* _Extracted entries_

____________

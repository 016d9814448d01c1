ghost use Rattle.format.specs.Layout.{header};
ghost use Rattle.layouts.specs.Lies.{lie_header};

use super::{Form, Layout, Span, TableColumn, column};

// Header: A2 "H ", class I4, area I2, information I4, number I4, level I2, then ten I5: total, groups, area, line,
// circle, arc, point, direction, note, attribute; grid and net I1, A4, A4, A4, method I2, 1X.
#[derive(Clone, Copy)]
pub struct Header {}

impl Header {
    pub const TYPE_WIDTH: usize = 2;

    pub const CLASS_WIDTH: usize = 4;

    pub const AREA_CODE_WIDTH: usize = 2;

    pub const INFORMATION_WIDTH: usize = 4;

    pub const NUMBER_WIDTH: usize = 4;

    pub const LEVEL_WIDTH: usize = 2;

    pub const TOTAL_WIDTH: usize = 5;

    pub const GROUPS_WIDTH: usize = 5;

    pub const AREA_WIDTH: usize = 5;

    pub const LINE_WIDTH: usize = 5;

    pub const CIRCLE_WIDTH: usize = 5;

    pub const ARC_WIDTH: usize = 5;

    pub const POINT_WIDTH: usize = 5;

    pub const DIRECTION_WIDTH: usize = 5;

    pub const NOTE_WIDTH: usize = 5;

    pub const ATTRIBUTE_WIDTH: usize = 5;

    pub const GRID_AND_NET_WIDTH: usize = 1;

    pub const ACQUIRED_WIDTH: usize = 4;

    pub const UPDATED_WIDTH: usize = 4;

    pub const DELETED_WIDTH: usize = 4;

    pub const METHOD_WIDTH: usize = 2;

    pub const BLANK_WIDTH: usize = 1;

    pub const TYPE_START: usize = 0;

    pub const CLASS_START: usize = Self::TYPE_START + Self::TYPE_WIDTH;

    pub const AREA_CODE_START: usize = Self::CLASS_START + Self::CLASS_WIDTH;

    pub const INFORMATION_START: usize = Self::AREA_CODE_START + Self::AREA_CODE_WIDTH;

    pub const NUMBER_START: usize = Self::INFORMATION_START + Self::INFORMATION_WIDTH;

    pub const LEVEL_START: usize = Self::NUMBER_START + Self::NUMBER_WIDTH;

    pub const TOTAL_START: usize = Self::LEVEL_START + Self::LEVEL_WIDTH;

    pub const GROUPS_START: usize = Self::TOTAL_START + Self::TOTAL_WIDTH;

    pub const AREA_START: usize = Self::GROUPS_START + Self::GROUPS_WIDTH;

    pub const LINE_START: usize = Self::AREA_START + Self::AREA_WIDTH;

    pub const CIRCLE_START: usize = Self::LINE_START + Self::LINE_WIDTH;

    pub const ARC_START: usize = Self::CIRCLE_START + Self::CIRCLE_WIDTH;

    pub const POINT_START: usize = Self::ARC_START + Self::ARC_WIDTH;

    pub const DIRECTION_START: usize = Self::POINT_START + Self::POINT_WIDTH;

    pub const NOTE_START: usize = Self::DIRECTION_START + Self::DIRECTION_WIDTH;

    pub const ATTRIBUTE_START: usize = Self::NOTE_START + Self::NOTE_WIDTH;

    pub const GRID_AND_NET_START: usize = Self::ATTRIBUTE_START + Self::ATTRIBUTE_WIDTH;

    pub const ACQUIRED_START: usize = Self::GRID_AND_NET_START + Self::GRID_AND_NET_WIDTH;

    pub const UPDATED_START: usize = Self::ACQUIRED_START + Self::ACQUIRED_WIDTH;

    pub const DELETED_START: usize = Self::UPDATED_START + Self::UPDATED_WIDTH;

    pub const METHOD_START: usize = Self::DELETED_START + Self::DELETED_WIDTH;

    pub const BLANK_START: usize = Self::METHOD_START + Self::METHOD_WIDTH;

    pub const END: usize = Self::BLANK_START + Self::BLANK_WIDTH;
}

impl Layout for Header {
    ghost columns = { header };

    ghost lie = { lie_header };

    fn end() -> usize {
        Self::END
    }

    #[tactic(auto, unfolding(crate::specs::Tables::spans_of, format::specs::Layout::header))]
    fn spans() -> &'static [Span] {
        &[
            Span(Self::TYPE_START, Self::TYPE_WIDTH),
            Span(Self::CLASS_START, Self::CLASS_WIDTH),
            Span(Self::AREA_CODE_START, Self::AREA_CODE_WIDTH),
            Span(Self::INFORMATION_START, Self::INFORMATION_WIDTH),
            Span(Self::NUMBER_START, Self::NUMBER_WIDTH),
            Span(Self::LEVEL_START, Self::LEVEL_WIDTH),
            Span(Self::TOTAL_START, Self::TOTAL_WIDTH),
            Span(Self::GROUPS_START, Self::GROUPS_WIDTH),
            Span(Self::AREA_START, Self::AREA_WIDTH),
            Span(Self::LINE_START, Self::LINE_WIDTH),
            Span(Self::CIRCLE_START, Self::CIRCLE_WIDTH),
            Span(Self::ARC_START, Self::ARC_WIDTH),
            Span(Self::POINT_START, Self::POINT_WIDTH),
            Span(Self::DIRECTION_START, Self::DIRECTION_WIDTH),
            Span(Self::NOTE_START, Self::NOTE_WIDTH),
            Span(Self::ATTRIBUTE_START, Self::ATTRIBUTE_WIDTH),
            Span(Self::GRID_AND_NET_START, Self::GRID_AND_NET_WIDTH),
            Span(Self::ACQUIRED_START, Self::ACQUIRED_WIDTH),
            Span(Self::UPDATED_START, Self::UPDATED_WIDTH),
            Span(Self::DELETED_START, Self::DELETED_WIDTH),
            Span(Self::METHOD_START, Self::METHOD_WIDTH),
            Span(Self::BLANK_START, Self::BLANK_WIDTH),
        ]
    }

    fn table() -> &'static [TableColumn] {
        &[
            column!(Self::CLASS_START, Self::CLASS_WIDTH => Integer, 0, 9999),
            column!(Self::AREA_CODE_START, Self::AREA_CODE_WIDTH => Integer, 0, 99),
            column!(Self::INFORMATION_START, Self::INFORMATION_WIDTH => Integer, 0, 9999),
            column!(Self::NUMBER_START, Self::NUMBER_WIDTH => Integer, 0, 9999),
            column!(Self::LEVEL_START, Self::LEVEL_WIDTH => Integer, 0, 99),
            column!(Self::TOTAL_START, Self::TOTAL_WIDTH => Integer, 0, 99999),
            column!(Self::GROUPS_START, Self::GROUPS_WIDTH => Integer, 0, 99999),
            column!(Self::AREA_START, Self::AREA_WIDTH => Integer, 0, 99999),
            column!(Self::LINE_START, Self::LINE_WIDTH => Integer, 0, 99999),
            column!(Self::CIRCLE_START, Self::CIRCLE_WIDTH => Integer, 0, 99999),
            column!(Self::ARC_START, Self::ARC_WIDTH => Integer, 0, 99999),
            column!(Self::POINT_START, Self::POINT_WIDTH => Integer, 0, 99999),
            column!(Self::DIRECTION_START, Self::DIRECTION_WIDTH => Integer, 0, 99999),
            column!(Self::NOTE_START, Self::NOTE_WIDTH => Integer, 0, 99999),
            column!(Self::ATTRIBUTE_START, Self::ATTRIBUTE_WIDTH => Integer, 0, 99999),
            column!(Self::GRID_AND_NET_START, Self::GRID_AND_NET_WIDTH => Integer, 0, 9),
            column!(Self::METHOD_START, Self::METHOD_WIDTH => Integer, 0, 99),
            column!(Self::BLANK_START, Self::BLANK_WIDTH => Blank, 0, 0),
        ]
    }
}
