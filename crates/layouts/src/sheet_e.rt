ghost use Rattle.format.specs.Layout.{sheet_e};
ghost use Rattle.layouts.specs.Lies.{lie_sheet_e};

use super::{Form, Layout, Span, TableColumn, column};

// Sheet e: A40, eight fractions I4 (any sign, corners in the order of b), 12X.
#[derive(Clone, Copy)]
pub struct SheetE {}

impl SheetE {
    pub const SURVEYING_AGENCY_WIDTH: usize = 40;

    pub const LOWER_LEFT_X_WIDTH: usize = 4;

    pub const LOWER_LEFT_Y_WIDTH: usize = 4;

    pub const UPPER_RIGHT_X_WIDTH: usize = 4;

    pub const UPPER_RIGHT_Y_WIDTH: usize = 4;

    pub const UPPER_LEFT_X_WIDTH: usize = 4;

    pub const UPPER_LEFT_Y_WIDTH: usize = 4;

    pub const LOWER_RIGHT_X_WIDTH: usize = 4;

    pub const LOWER_RIGHT_Y_WIDTH: usize = 4;

    pub const BLANK_WIDTH: usize = 12;

    pub const SURVEYING_AGENCY_START: usize = 0;

    pub const LOWER_LEFT_X_START: usize = Self::SURVEYING_AGENCY_START
        + Self::SURVEYING_AGENCY_WIDTH;

    pub const LOWER_LEFT_Y_START: usize = Self::LOWER_LEFT_X_START + Self::LOWER_LEFT_X_WIDTH;

    pub const UPPER_RIGHT_X_START: usize = Self::LOWER_LEFT_Y_START + Self::LOWER_LEFT_Y_WIDTH;

    pub const UPPER_RIGHT_Y_START: usize = Self::UPPER_RIGHT_X_START + Self::UPPER_RIGHT_X_WIDTH;

    pub const UPPER_LEFT_X_START: usize = Self::UPPER_RIGHT_Y_START + Self::UPPER_RIGHT_Y_WIDTH;

    pub const UPPER_LEFT_Y_START: usize = Self::UPPER_LEFT_X_START + Self::UPPER_LEFT_X_WIDTH;

    pub const LOWER_RIGHT_X_START: usize = Self::UPPER_LEFT_Y_START + Self::UPPER_LEFT_Y_WIDTH;

    pub const LOWER_RIGHT_Y_START: usize = Self::LOWER_RIGHT_X_START + Self::LOWER_RIGHT_X_WIDTH;

    pub const BLANK_START: usize = Self::LOWER_RIGHT_Y_START + Self::LOWER_RIGHT_Y_WIDTH;

    pub const END: usize = Self::BLANK_START + Self::BLANK_WIDTH;
}

impl Layout for SheetE {
    ghost columns = { sheet_e };

    ghost lie = { lie_sheet_e };

    fn end() -> usize {
        Self::END
    }

    #[tactic(auto, unfolding(crate::specs::Tables::spans_of, format::specs::Layout::sheet_e))]
    fn spans() -> &'static [Span] {
        &[
            Span(Self::SURVEYING_AGENCY_START, Self::SURVEYING_AGENCY_WIDTH),
            Span(Self::LOWER_LEFT_X_START, Self::LOWER_LEFT_X_WIDTH),
            Span(Self::LOWER_LEFT_Y_START, Self::LOWER_LEFT_Y_WIDTH),
            Span(Self::UPPER_RIGHT_X_START, Self::UPPER_RIGHT_X_WIDTH),
            Span(Self::UPPER_RIGHT_Y_START, Self::UPPER_RIGHT_Y_WIDTH),
            Span(Self::UPPER_LEFT_X_START, Self::UPPER_LEFT_X_WIDTH),
            Span(Self::UPPER_LEFT_Y_START, Self::UPPER_LEFT_Y_WIDTH),
            Span(Self::LOWER_RIGHT_X_START, Self::LOWER_RIGHT_X_WIDTH),
            Span(Self::LOWER_RIGHT_Y_START, Self::LOWER_RIGHT_Y_WIDTH),
            Span(Self::BLANK_START, Self::BLANK_WIDTH),
        ]
    }

    fn table() -> &'static [TableColumn] {
        &[
            column!(Self::LOWER_LEFT_X_START, Self::LOWER_LEFT_X_WIDTH => Integer, -999, 9999),
            column!(Self::LOWER_LEFT_Y_START, Self::LOWER_LEFT_Y_WIDTH => Integer, -999, 9999),
            column!(Self::UPPER_RIGHT_X_START, Self::UPPER_RIGHT_X_WIDTH => Integer, -999, 9999),
            column!(Self::UPPER_RIGHT_Y_START, Self::UPPER_RIGHT_Y_WIDTH => Integer, -999, 9999),
            column!(Self::UPPER_LEFT_X_START, Self::UPPER_LEFT_X_WIDTH => Integer, -999, 9999),
            column!(Self::UPPER_LEFT_Y_START, Self::UPPER_LEFT_Y_WIDTH => Integer, -999, 9999),
            column!(Self::LOWER_RIGHT_X_START, Self::LOWER_RIGHT_X_WIDTH => Integer, -999, 9999),
            column!(Self::LOWER_RIGHT_Y_START, Self::LOWER_RIGHT_Y_WIDTH => Integer, -999, 9999),
            column!(Self::BLANK_START, Self::BLANK_WIDTH => Blank, 0, 0),
        ]
    }
}
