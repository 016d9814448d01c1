// The nineteen layouts. "Each of the nineteen layouts carries its own column widths, and they add up to 84."
//
// A layout is a type that owns two constants for each of its columns, NAME_WIDTH and NAME_START, in bytes: a column starts where the one
// before it ends, and END is where the last one ends. The blank column, X, is named BLANK. What the constants say together is its `impl Layout`.
#![tactic(auto)]

ghost use Rattle.std.specs.Prelude.{◌≡◌, true, List};
ghost use Rattle.format.specs.Layout.{Col};
ghost use Rattle.layouts.specs.Lies.{all_lie};
ghost use Rattle.layouts.specs.Tables.{spans_of, tabled, Table};

mod data_2d;
mod data_3d;
mod data_attribute;
mod data_grid;
mod data_net;
mod data_note;
mod element_record;
mod grid_header;
mod header_record;
mod index_a;
mod index_b;
mod index_c;
mod net_header;
mod sheet_a;
mod sheet_b;
mod sheet_c;
mod sheet_d;
mod sheet_e;
mod sheet_f;

pub use data_2d::Data2D;
pub use data_3d::Data3D;
pub use data_attribute::DataAttribute;
pub use data_grid::DataGrid;
pub use data_net::DataNet;
pub use data_note::DataNote;
pub use element_record::Element;
pub use grid_header::GridHeader;
pub use header_record::Header;
pub use index_a::IndexA;
pub use index_b::IndexB;
pub use index_c::IndexC;
pub use net_header::NetHeader;
pub use sheet_a::SheetA;
pub use sheet_b::SheetB;
pub use sheet_c::SheetC;
pub use sheet_d::SheetD;
pub use sheet_e::SheetE;
pub use sheet_f::SheetF;

// A column: its start in the record, from 0, and its width, in bytes.
#[derive(Clone, Copy, PartialEq, Eq, Debug)]
pub struct Span(pub usize, pub usize);

// What stands in a column of a table; text is in none. An integer: it must be well formed, and inside its range or list. An integer or spaces: spaces
// alone are taken too, and the integer may have any sign. A blank: it is not judged, and the normal form leaves it as it is.
#[derive(Clone, Copy, PartialEq, Eq, Debug)]
pub enum Form {
    Integer,
    IntegerOrSpaces,
    Blank,
}

// A column of a table: start and width in bytes, what stands in it, and the least and the greatest number allowed: of a list its ends; of an
// integer or spaces, those of any sign in its width; 0 of a blank.
// Kept: 0 of a blank, as `low_in` and `high_in` of specs/Tables have it.
#[derive(Clone, Copy, PartialEq, Eq, Debug)]
pub struct TableColumn {
    pub start: usize,
    pub width: usize,
    pub form: Form,
    pub low: i64,
    pub high: i64,
}

// One of the nineteen layouts: where its last column ends, all of its columns, and its table, those of its columns that are no text, in the order of
// the layout. The data of attributes is text alone: its table is empty.
// Kept: each type lists its own columns and its end, since document 01 has each of the nineteen layouts carry its own widths, and no `impl` may come from a
// macro.
pub trait Layout {
    ghost columns: { List Col };

    fn end() -> usize
        ensures { result ≡ 84 };

    fn spans() -> &'static [Span]
        ensures { result.now ≡ spans_of columns };

    fn table() -> &'static [TableColumn]
        ensures { Table columns result.now };

    // the columns that may hold a number lie in a record and can be written
    ghost lie: { all_lie (tabled columns) ≡ true };
}

// A column of a table, in one line: start, width => what stands in it, least, greatest.
macro_rules! column {
    ($start:expr, $width:expr => $form:ident, $low:expr, $high:expr) => {
        TableColumn { start: $start, width: $width, form: Form::$form, low: $low, high: $high }
    };
}

use column;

____________

* _The task_
Only a number is expected here: the tally of lines above that contain "order". Please write nothing more.

* _Worked solution_
2